Dumenco spoke weakly from his bed. “Not… imagining things.”

Craig marched toward Dumenco, holding out the list, unfolding the sheet of paper. “Dr. Dumenco, I need you to look at these names. Do you recognize them? The man who attacked you carried them.”

The dying scientist seemed to have trouble focusing on the names. Craig pushed the list closer, and Dumenco stared at the words. Then tears gushed out of his hemorrhaged eyes. He trembled on the bed, glancing at the names, then over at the framed snapshots Craig had taken from the dresser drawer in his apartment.

“One name, then a city written down. Who are they, Dr. Dumenco?” he said. Trish looked over his shoulder, wide-eyed.

“My… my family,” the scientist said. “My family’s new names… all of them.” He drew a deep, shuddering breath. “They have been in hiding. They were supposed to be-” He shook his head. “They were supposed to be safe, safe from people like him.”

He slumped into the bedsheets and continued weeping. “My family.”

CHAPTER TWENTY-SIX

Thursday, 5:01 p.m.

Fox RiverMedicalCenter

In the aftermath of the shooting in the hospital, the FBI’s Office of Professional Responsibility swarmed to the Fox River Medical Center, armed with interview questions and forms to be filled out.

Though he hated to have cameras shoved in front of his face, Craig had made the appropriate statements to the reporters, explaining about the ongoing investigation into the soon-to-be-fatal radiation exposure of Nobel Prize contender, Georg Dumenco. An as-yet-unidentified assailant had twice attempted to kill the physicist in the hospital before being killed himself. The assailant was now the prime suspect for having caused the original radiation accident, as well as the devastating substation explosion, and the shooting of Agent Ben Goldfarb.

With forced patience, Craig spoke to the reporters because he wanted to protect Jackson. He took the hard way out with the toughest questions, just answering “no comment,” knowing that the press would speculate like crazy-but even if he had wanted to answer in full, Craig still didn’t know how the pieces fit together, what the assassin had been after, why the man had carried the aliases of Dumenco’s family hidden by the State Department.

Craig went to see Goldfarb again, trying to escape from the insanity, but the curly-haired agent just lay motionless. Julene had fallen asleep in a chair at his bed-side, while the two little girls kept themselves quietly occupied with a game of Trouble they had found in the hospital’s game cabinet.

While Jackson met with representatives from the Office of Professional Responsibility, giving his detailed statement, Craig paced the halls. Should he go back to Fermilab? Did Paige have anything else for him, any new statement from Nels Piter?
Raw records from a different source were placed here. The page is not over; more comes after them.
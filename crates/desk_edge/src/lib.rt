//! What isn't the desk's own, as traits whose contracts say what the desk relies on.
#![tactic(auto)]

mod change;
mod doors;
mod failed;
mod keep_fault;
mod keeper;
mod key;
mod laws;
mod lent;
mod link;
mod list_doors;
mod map_keeper;
mod map_shelf;
mod memory_link;
mod named;
mod record;
mod records;
mod shelf;
mod std_link;
mod tcp_doors;
mod tcp_link;
mod transfer;

pub use change::Change;
pub use doors::Doors;
pub use failed::Failed;
pub use keep_fault::KeepFault;
pub use keeper::Keeper;
pub use key::Key;
pub use laws::a_count_rises_up_to_its_last_value;
pub use lent::Lent;
pub use link::Link;
pub use list_doors::ListDoors;
pub use map_keeper::MapKeeper;
pub use map_shelf::MapShelf;
pub use memory_link::MemoryLink;
pub use record::Record;
pub use shelf::Shelf;
pub use std_link::StdLink;
pub use tcp_doors::TcpDoors;
pub use tcp_link::TcpLink;
pub use transfer::{ReadFault, read_up_to, write_all};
He passed by a waiting-room lounge, pausing long enough to watch a few seconds of Headline News. The Nobel Prize Committee in Stockholm had announced their selection for the Prize in Literature, an Eskimo whose poetry had described the plight of the vanishing harp seal. The newscaster speculated on when the few remaining Prizes would be announced; Craig hoped Dumenco lived long enough to learn of their decision.

After the second assassination attempt, Trish remained terribly shaken and refused to leave Dumenco’s side. Surrounded by guards and doctors, the physicist seemed distressed and claustrophobic. Craig wondered if the PR-Cubed people had any greater involvement, if Trish still knew more information she kept hidden from him.